U.E. : J’ai une collègue russe qui me parle tout le temps du réseau Internet. Elle m’explique, à chacune de nos rencontres, qu’elle récupère tous les jours sur Internet de nouveaux logiciels qui permettent de faire plein de choses. Je lui ai demandé à quoi ces logiciels lui servaient. Elle m’a alors répondu qu’ils servaient à naviguer plus facilement sur Internet et à découvrir d’autres serveurs et d’autres logiciels ! Internet, c’est finalement un système qui tourne en rond pour s’autogénérer. »

Sur la qualité inégale des ressources disponibles

U.E. : Si on prend l’exemple de la sémiologie, j’ai cherché les serveurs Internet consacrés au sujet. Mis à part ceux de quelques universités, deux ou trois, pas plus, les autres ne sont pas sérieux et contiennent des erreurs. Il y a des gens inconnus qui rassemblent beaucoup de documents sur le sujet sans toujours comprendre, en mélangeant les bons et les mauvais.
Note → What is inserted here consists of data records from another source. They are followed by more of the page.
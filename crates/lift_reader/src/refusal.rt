//! Why a program's text is refused.

ghost use Rattle.std.specs.Prelude.{◌≡◌};
ghost use Rattle.lift_reader.specs.declared.refusal.ReadRefusal.TheVariants.{Memory};

use std::alloc::{AllocError, AllocFailed};
use thiserror::Error;

/// A quantity of a program that has a limit.
#[derive(Clone, Copy, Debug, PartialEq, Eq)]
pub enum Quantity {
    /// At most 8.
    Sizes,
    /// At most 8.
    Inputs,
    /// At most 4,096: each term form of the output is one.
    Nodes,
}

/// Why a program's text is refused.
#[derive(Debug, Drop, Error)]
pub enum ReadRefusal {
    /// The text is in the grammar up to this token, counted from 1, which begins at this byte. The
    /// end of the text counts as a token.
    #[error("no program goes on at token {token}, byte {offset}")]
    Syntax { token: usize, offset: usize },
    /// The text is in the grammar, and this quantity is the first above its limit.
    #[error("limit {which:?}: {count}")]
    Limit { which: Quantity, count: u64 },
    /// Memory ran out.
    #[error("out of memory")]
    Memory,
}

impl From<AllocError> for ReadRefusal {
    ghost from_gives = { λ _ e. e ≡ Memory };

    fn from(_e: AllocError) -> ReadRefusal {
        ReadRefusal::Memory
    }
}

impl<T: Drop> From<AllocFailed<T>> for ReadRefusal {
    ghost from_gives = { λ _ e. e ≡ Memory };

    fn from(_e: AllocFailed<T>) -> ReadRefusal {
        ReadRefusal::Memory
    }
}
Celui qui ne connaît pas le sujet ne peut les différencier. »

La censure sur Internet

U.E. : Cela me fait penser aux murs des églises où, à l’époque, on affichait les titres des films que l’on pouvait voir et ceux qui étaient interdits. »
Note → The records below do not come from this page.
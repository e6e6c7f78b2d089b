//! The types of a term's nodes, children before their parent.

ghost use Rattle.std.specs.Prelude.{◌≡◌, ◌≢◌, ◌<◌, IfErr, IfOk, OnOk, Err, Ok, ◌∷◌, length, map};
ghost use Rattle.lift_tree.specs.Types.{ty_of};
ghost use Rattle.lift_tree.specs.Tree as tree;
ghost use Rattle.lift_tree.specs.Tree.{tree_of};
ghost use Rattle.lift_tree.specs.declared.term.FoldKind.TheVariants as fold_kind;
ghost use Rattle.lift_tree.specs.declared.term.MapKind.TheVariants as map_kind;
ghost use Rattle.lift_tree.specs.Annotations.{annotation_of, type_in, Leaf, Two};
ghost use Rattle.pattern_types.specs.declared.fault.Fault.TheVariants.{Memory};
ghost use Rattle.lift_tree.specs.Belonging.{Belongs, FormIsNamed};
ghost use Rattle.pattern_types.specs.Judged.{judged, here, under, element_in, map_end, fold_start, fold_end, unary_node, binary_node, select_node, map_node, fold_node};
ghost use Rattle.pattern_types.specs.declared.refusal.Rule.TheVariants as rule;
ghost use Rattle.pattern_types.specs.Numbers.{NumbersFit};
ghost use Rattle.pattern_types.specs.Scopes.{nth_type, declared_as};

use crate::arrays::{element_of, formed, is_same_element};
use crate::fault::{Fault, NodeFault, demanded};
use crate::lengths::constant;
use crate::refusal::Rule;
use crate::rows::{binary, select, unary};
use lift_tree::term::{BinaryForm, Term, UnaryForm};
use lift_tree::ty::Ty;
use lift_tree::typed::NodeTypes;
use size_arith::Names;
use std::alloc::{AllocError, Global};
use std::collections::VecDeque;

// The type of this number, of a leaf.
fn leaf(alloc: Global, types: &VecDeque<Ty>, number: u32) -> Result<NodeTypes, NodeFault>
    requires { number < length (map ty_of types.now.items) }
    ensures ok { IfOk result (λ n. annotation_of n
        ≡ Leaf (nth_type (map ty_of types.now.items) number)) }
    ensures refused { IfErr result (λ e. e.fault ≡ Memory) }
{
    match nth(alloc, types, number) {
        Ok(ty) => Ok(NodeTypes::Leaf(ty)),
        Err(_) => Err(Fault::Memory.of_root(alloc)),
    }
}

fn nth(alloc: Global, types: &VecDeque<Ty>, number: u32) -> Result<Ty, AllocError>
    requires { number < length (map ty_of types.now.items) }
    ensures { IfOk result (λ t. ty_of t ≡ nth_type (map ty_of types.now.items) number) }
{
    match types.get(number as usize) {
        Some(ty) => ty.copy(alloc),
        None => unreachable!(),
    }
}

fn boxed(alloc: Global, types: NodeTypes) -> Result<Box<NodeTypes>, NodeFault>
    ensures ok { IfOk result (λ b. b.value ≡ types) }
    ensures refused { IfErr result (λ e. e.fault ≡ Memory) }
{
    match Box::new(alloc, types) {
        Ok(types) => Ok(types),
        Err(_) => Err(Fault::Memory.of_root(alloc)),
    }
}

// A binder of this type, put in front.
fn bind(alloc: Global, scope: &mut VecDeque<Ty>, ty: &Ty) -> Result<(), NodeFault>
    ensures ok { OnOk result (map ty_of scope.new.items
        ≡ ty_of ty.now ∷ map ty_of scope.old.items) }
    ensures refused { IfErr result (λ e. e.fault ≡ Memory) }
{
    match push_copy(alloc, scope, ty) {
        Ok(()) => Ok(()),
        Err(_) => Err(Fault::Memory.of_root(alloc)),
    }
}

fn push_copy(alloc: Global, scope: &mut VecDeque<Ty>, ty: &Ty) -> Result<(), AllocError>
    ensures { OnOk result (map ty_of scope.new.items ≡ ty_of ty.now ∷ map ty_of scope.old.items) }
{
    scope.push_front(ty.copy(alloc)?)?;
    Ok(())
}

// The array of the body's type, as long as the array that the map goes over.
fn map_end(alloc: Global, names: &Names, array: &Ty, body: &Ty) -> Result<Ty, Fault>
    ensures ok { IfOk result (λ t. map_end names.now (ty_of array.now) (ty_of body.now)
        ≡ Ok (ty_of t)) }
    ensures refused { IfErr result (λ f. f ≢ Memory
        → map_end names.now (ty_of array.now) (ty_of body.now) ≡ Err f) }
{
    match array {
        Ty::Array(_, length) => formed(alloc, names, body.copy(alloc)?, length.copy(alloc)?),
        Ty::Number | Ty::Vector | Ty::Pair(_, _) => Err(Fault::Breaks(Rule::Map)),
    }
}

// The element type of a map's array.
fn map_start(alloc: Global, array: &Ty) -> Result<&Ty, NodeFault>
    ensures ok { IfOk result (λ t. here (element_in rule.Map (ty_of array.now))
        ≡ Ok (ty_of t.now)) }
    ensures refused { IfErr result (λ e. here (element_in rule.Map (ty_of array.now)) ≡ Err e) }
{
    match element_of(array, Rule::Map) {
        Ok(element) => Ok(element),
        Err(fault) => Err(fault.of_root(alloc)),
    }
}

// The element type of a fold's array, where its start has an element type.
fn fold_element<'t>(array: &'t Ty, start: &Ty) -> Result<&'t Ty, Fault>
    ensures ok { IfOk result (λ t. fold_start (ty_of array.now) (ty_of start.now)
        ≡ Ok (ty_of t.now)) }
    ensures refused { IfErr result (λ f. fold_start (ty_of array.now) (ty_of start.now) ≡ Err f) }
{
    let element = element_of(array, Rule::Fold)?;
    demanded(start.is_element(), Rule::Fold)?;
    Ok(element)
}

fn fold_start<'t>(alloc: Global, array: &'t Ty, start: &Ty) -> Result<&'t Ty, NodeFault>
    ensures ok { IfOk result (λ t. here (fold_start (ty_of array.now) (ty_of start.now))
        ≡ Ok (ty_of t.now)) }
    ensures refused { IfErr result (λ e. here (fold_start (ty_of array.now) (ty_of start.now))
        ≡ Err e) }
{
    match fold_element(array, start) {
        Ok(element) => Ok(element),
        Err(fault) => Err(fault.of_root(alloc)),
    }
}

// A fold's type, where its body has the start's.
fn fold_end(alloc: Global, names: &Names, start: &Ty, body: &Ty) -> Result<Ty, Fault>
    ensures ok { IfOk result (λ t. fold_end names.now (ty_of start.now) (ty_of body.now)
        ≡ Ok (ty_of t)) }
    ensures refused { IfErr result (λ f. f ≢ Memory
        → fold_end names.now (ty_of start.now) (ty_of body.now) ≡ Err f) }
{
    demanded(is_same_element(start, body), Rule::Fold)?;
    formed(alloc, names, start.copy(alloc)?, constant(alloc, 1)?)
}

// A node, from its children.
fn unary_node(
    alloc: Global,
    names: &Names,
    form: &UnaryForm,
    a: Box<NodeTypes>,
) -> Result<NodeTypes, NodeFault>
    requires { FormIsNamed (length names.now) form.now }
    ensures ok { IfOk result (λ n. unary_node names.now form.now (annotation_of a.value)
        ≡ Ok (annotation_of n)) }
    ensures refused { IfErr result (λ e. e.fault ≢ Memory
        → unary_node names.now form.now (annotation_of a.value) ≡ Err e) }
{
    match unary(alloc, names, form, a.own_type()) {
        Ok(ty) => Ok(NodeTypes::One(ty, a)),
        Err(fault) => Err(fault.of_root(alloc)),
    }
}

fn binary_node(
    alloc: Global,
    names: &Names,
    form: BinaryForm,
    a: Box<NodeTypes>,
    b: Box<NodeTypes>,
) -> Result<NodeTypes, NodeFault>
    ensures ok { IfOk result (λ n. binary_node names.now form (annotation_of a.value)
        (annotation_of b.value) ≡ Ok (annotation_of n)) }
    ensures refused { IfErr result (λ e. e.fault ≢ Memory
        → binary_node names.now form (annotation_of a.value)
        (annotation_of b.value) ≡ Err e) }
{
    match binary(alloc, names, form, a.own_type(), b.own_type()) {
        Ok(ty) => Ok(NodeTypes::Two(ty, a, b)),
        Err(fault) => Err(fault.of_root(alloc)),
    }
}

fn select_node(
    alloc: Global,
    a: Box<NodeTypes>,
    b: Box<NodeTypes>,
    c: Box<NodeTypes>,
) -> Result<NodeTypes, NodeFault>
    ensures ok { IfOk result (λ n. select_node (annotation_of a.value) (annotation_of b.value)
        (annotation_of c.value) ≡ Ok (annotation_of n)) }
    ensures refused { IfErr result (λ e. select_node (annotation_of a.value) (annotation_of b.value)
        (annotation_of c.value) ≡ Err e) }
{
    match select(a.own_type(), b.own_type(), c.own_type()) {
        Ok(ty) => Ok(NodeTypes::Three(ty, a, b, c)),
        Err(fault) => Err(fault.of_root(alloc)),
    }
}

fn let_node(alloc: Global, a: Box<NodeTypes>, b: Box<NodeTypes>) -> Result<NodeTypes, NodeFault>
    ensures ok { IfOk result (λ n. annotation_of n
        ≡ Two (type_in (annotation_of b.value)) (annotation_of a.value)
        (annotation_of b.value)) }
    ensures refused { IfErr result (λ e. e.fault ≡ Memory) }
{
    match b.own_type().copy(alloc) {
        Ok(ty) => Ok(NodeTypes::Two(ty, a, b)),
        Err(_) => Err(Fault::Memory.of_root(alloc)),
    }
}

fn map_node(
    alloc: Global,
    names: &Names,
    a: Box<NodeTypes>,
    b: Box<NodeTypes>,
) -> Result<NodeTypes, NodeFault>
    ensures ok { IfOk result (λ n. map_node names.now (annotation_of a.value)
        (annotation_of b.value) ≡ Ok (annotation_of n)) }
    ensures refused { IfErr result (λ e. e.fault ≢ Memory
        → map_node names.now (annotation_of a.value) (annotation_of b.value)
        ≡ Err e) }
{
    match map_end(alloc, names, a.own_type(), b.own_type()) {
        Ok(ty) => Ok(NodeTypes::Two(ty, a, b)),
        Err(fault) => Err(fault.of_root(alloc)),
    }
}

fn fold_node(
    alloc: Global,
    names: &Names,
    a: Box<NodeTypes>,
    b: Box<NodeTypes>,
    c: Box<NodeTypes>,
) -> Result<NodeTypes, NodeFault>
    ensures ok { IfOk result (λ n. fold_node names.now (annotation_of a.value)
        (annotation_of b.value) (annotation_of c.value) ≡ Ok (annotation_of n)) }
    ensures refused { IfErr result (λ e. e.fault ≢ Memory
        → fold_node names.now (annotation_of a.value) (annotation_of b.value)
        (annotation_of c.value) ≡ Err e) }
{
    match fold_end(alloc, names, b.own_type(), c.own_type()) {
        Ok(ty) => Ok(NodeTypes::Three(ty, a, b, c)),
        Err(fault) => Err(fault.of_root(alloc)),
    }
}

/// The types of a term's nodes, where its binders have these types.
#[cycle(judging)]
pub fn judge(
    alloc: Global,
    names: &Names,
    inputs: &VecDeque<Ty>,
    scope: &mut VecDeque<Ty>,
    term: &Term,
) -> Result<NodeTypes, NodeFault>
    requires { Belongs (length names.now) (length (map ty_of inputs.now.items))
        (length (map ty_of scope.old.items)) (tree_of term.now) }
    ensures ok { IfOk result (λ n. judged (declared_as names.now inputs.now.items)
        (map ty_of scope.old.items) (tree_of term.now) ≡ Ok (annotation_of n)) }
    ensures numbers { IfOk result (λ _. NumbersFit (tree_of term.now)) }
    ensures kept { IfOk result (λ _. map ty_of scope.new.items ≡ map ty_of scope.old.items) }
    ensures refused { IfErr result (λ e. e.fault ≢ Memory
        → judged (declared_as names.now inputs.now.items)
        (map ty_of scope.old.items) (tree_of term.now) ≡ Err e) }
{
    match term {
        Term::Variable(n) => leaf(alloc, scope, *n),
        Term::Number(n) => {
            let _number = *n;
            Ok(NodeTypes::Leaf(Ty::Number))
        }
        Term::Input(n) => leaf(alloc, inputs, *n),
        Term::Unary(form, a) => {
            let a = judge_child(alloc, names, inputs, scope, 0, a)?;
            unary_node(alloc, names, form, a)
        }
        Term::Binary(form, a, b) => judge_binary(alloc, names, inputs, scope, *form, a, b),
        Term::Select(a, b, c) => judge_select(alloc, names, inputs, scope, a, b, c),
        Term::Let(value, body) => judge_let(alloc, names, inputs, scope, value, body),
        Term::Map(_, array, body) => judge_map(alloc, names, inputs, scope, array, body),
        Term::Fold(_, array, start, body) => {
            judge_fold(alloc, names, inputs, scope, array, start, body)
        }
    }
}

// The types of the child of this number.
#[cycle(judging)]
fn judge_child(
    alloc: Global,
    names: &Names,
    inputs: &VecDeque<Ty>,
    scope: &mut VecDeque<Ty>,
    number: u32,
    term: &Term,
) -> Result<Box<NodeTypes>, NodeFault>
    requires { Belongs (length names.now) (length (map ty_of inputs.now.items))
        (length (map ty_of scope.old.items)) (tree_of term.now) }
    ensures ok { IfOk result (λ n. under number (judged (declared_as names.now inputs.now.items)
        (map ty_of scope.old.items) (tree_of term.now)) ≡ Ok (annotation_of n.value)) }
    ensures numbers { IfOk result (λ _. NumbersFit (tree_of term.now)) }
    ensures kept { IfOk result (λ _. map ty_of scope.new.items ≡ map ty_of scope.old.items) }
    ensures refused { IfErr result (λ e. e.fault ≢ Memory
        → under number (judged (declared_as names.now inputs.now.items)
        (map ty_of scope.old.items) (tree_of term.now)) ≡ Err e) }
{
    match judge(alloc, names, inputs, scope, term) {
        Ok(types) => boxed(alloc, types),
        Err(fault) => Err(fault.under(alloc, number)),
    }
}

// The same under one more binder, of this type.
#[cycle(judging)]
fn judge_under(
    alloc: Global,
    names: &Names,
    inputs: &VecDeque<Ty>,
    scope: &mut VecDeque<Ty>,
    ty: &Ty,
    number: u32,
    term: &Term,
) -> Result<Box<NodeTypes>, NodeFault>
    requires { Belongs (length names.now) (length (map ty_of inputs.now.items))
        (length (ty_of ty.now ∷ map ty_of scope.old.items)) (tree_of term.now) }
    ensures ok { IfOk result (λ n. under number (judged (declared_as names.now inputs.now.items)
        (ty_of ty.now ∷ map ty_of scope.old.items) (tree_of term.now))
        ≡ Ok (annotation_of n.value)) }
    ensures numbers { IfOk result (λ _. NumbersFit (tree_of term.now)) }
    ensures kept { IfOk result (λ _. map ty_of scope.new.items ≡ map ty_of scope.old.items) }
    ensures refused { IfErr result (λ e. e.fault ≢ Memory
        → under number (judged (declared_as names.now inputs.now.items)
        (ty_of ty.now ∷ map ty_of scope.old.items) (tree_of term.now)) ≡ Err e) }
{
    bind(alloc, scope, ty)?;
    let types = judge_child(alloc, names, inputs, scope, number, term)?;
    scope.pop_front();
    Ok(types)
}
Internet, une immense encyclopédie ?

U.E. : C’est comme certaines encyclopédies sur CD-Rom : il y a beaucoup d’images pour illustrer et en fait tout cela est conçu pour distraire plus que pour apprendre »

Propos recueillis par Emmanuel PARODY

*Umberto ECO enseigne la sémiologie à l’Université de Bologne. Il utilise Internet depuis plus d’un an sous l’influence, avoue-t-il, de ses étudiants. Il est aussi un des premiers intellectuels à avoir porté sa réflexion (dans ses chroniques, publiées dans les colonnes du magazine italien L’Espresso) sur l’utilisation de l’ordinateur, le développement du multimédia et l’hypertexte. Parmi ses ouvrages les plus connus : Le nom de la Rose (1985), Le Pendule de Foucault (1990) et le dernier, L’Ile du Jour d’avant (1996), tous parus aux éditions Grasset.